Guarantees

When we are young, we were taught to work hard, do well in school, so that we are assured of a good life. What is a good life, we ain’t that sure, but the adults sure believed in it. I’m thankful my parents believed in education; but they also believed in me. We are mostly brought up in a system that emphasised on predictability, that was calculative about ‘ROI’ or ‘returns on investment’, acting as though we can know or represent somehow our ‘returns’ with reasonable accuracy that it is worthwhile even considering it.

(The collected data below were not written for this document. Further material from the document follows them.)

//! Parameters (C99 6.5.2.2).

ghost use Rattle.std.specs.Prelude.{◌≡◌, ℕ, List, IfErr, OnOk};
ghost use Rattle.block_layout.specs.declared.kind.Shape.{Shape};
ghost use Rattle.upc_values.specs.declared.action.Action.{Action};
ghost use Rattle.private_store.specs.Live.{local_number};
ghost use Rattle.private_store.specs.Cells.{IsPrivate};
ghost use Rattle.thread_steps.specs.Blocks as blocks;
ghost use Rattle.thread_steps.specs.layer.Parts as parts;
ghost use Rattle.thread_steps.specs.layer.Ranges.{IsHeld};
ghost use Rattle.thread_steps.specs.States.{Thread, Val};
ghost use Rattle.stack_code.specs.layer.Steps.{received};
ghost use Rattle.stack_machine.specs.code.Kept.{AreHeld, HoldsHeld};
ghost use Rattle.stack_machine.specs.code.Receiving.{received_one};
ghost use Rattle.stack_machine.specs.code.Turns.{Came, IsFirm, state_seen};

use crate::progress::Progress;
use crate::wish::Halt;
use block_layout::LocalPtr;
use stack_code::CellAccess;
use upc_text::Place;
use upc_values::Value;

// The number of a name takes 32 bits.
const MOST_NAMES: usize = 4_294_967_295;

impl Progress {
    // The pointer to a local object.
    fn local_pointer(&self, n: u32) -> LocalPtr
        ensures value { parts.pointer_to (local_number n self.now.store) ≡ Value.Local result }
        ensures private { IsPrivate result }
    {
        match self.store.local(n) {
            None => LocalPtr::Null,
            Some(object) => LocalPtr::Private { object, offset: 0 },
        }
    }

    // A parameter gets the value of its argument.
    fn receive_one(
        &mut self,
        number: usize,
        cell: Option<CellAccess>,
        v: Value,
        place: Place,
    ) -> Result<(), Halt>
        ensures does { (τ : Thread) (before : List Action)
            → Came before (received_one τ place number cell v (state_seen before self.old)) result
            self.old self.new }
        ensures exact { (τ : Thread) (before : List Action)
            → OnOk result (received_one τ place number cell v (state_seen before self.old)
            ≡ Val tt (state_seen before self.new)) }
        ensures firm { IfErr result IsFirm }
        ensures kept { OnOk result (self.new ≡ record self.old { store = self.new.store }) }
        ensures held { (threads : ℕ) (shapes : List Shape) → HoldsHeld threads shapes self.old.store
            → IsHeld threads shapes v → OnOk result (HoldsHeld threads shapes self.new.store) }
    {
        if number > MOST_NAMES {
            return Err(Halt::Memory);
        }
        match cell {
            None => Ok(()),
            Some(access) => {
                let p = self.local_pointer(number as u32);
                self.save_private(access.kind, place, &p, v)
            }
        }
    }

    /// The parameters get the values of the arguments, as far as there are both.
    #[tactic(auto, using(crate::proofs::Parameters::received_none))]
    pub(crate) fn receive(
        &mut self,
        cells: &[Option<CellAccess>],
        given: &[Value],
        place: Place,
    ) -> Result<(), Halt>
        ensures does { (τ : Thread) (before : List Action)
            → Came before (received τ place 0 cells.now given.now (state_seen before self.old)) result
            self.old self.new }
        ensures firm { IfErr result IsFirm }
        ensures kept { OnOk result (self.new ≡ record self.old { store = self.new.store }) }
        ensures held { (threads : ℕ) (shapes : List Shape) → HoldsHeld threads shapes self.old.store
            → AreHeld threads shapes given.now → OnOk result (HoldsHeld threads shapes self.new.store) }
    {
        for i in 0..cells.len().min(given.len()) {
            match self.receive_one(i, cells[i], given[i], place) {
                Err(e) => return Err(e),
                Ok(()) => {}
            }
        }
        Ok(())
    }
}
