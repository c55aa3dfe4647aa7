//! The orders of a run with a copy of the shared memory for each thread: so far the strict list, and where a stamp
//! stands among others (UPC Appendix B).
#![tactic(auto)]

mod find;
mod strict;

pub use find::first_later;
pub use strict::strict_order;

There’s this idea of ‘guarantee’. It can be very compelling since the onus is on someone else (or something else, ‘the system’) to make good of some kind of promise. That you just have to take care of fulfilling the conditions and the outcome is assured. You think you’re not assuming any risks because you can leave that to wherever that guarantee comes from. Study hard and you’ll pass the exams; get into Med School and you can become a doctor. Turns out, that is not liberating; because for every outcome different from what you are targeting, you tend to think you’ve not hit certain conditions, or there’s some issues with your inputs. You lose your faith in getting genuinely better, choosing to somehow try to hack the system.

If it’s about passing exams, getting into schools, you find the right spot to dig, to inch into the picture. If it’s about getting the right connections, you network your way, contaminating real connections with muddy intentions. Education in the modern world is doing that to us. Do you want to continue perpetuating that or would you like to do something different and finally be yourself?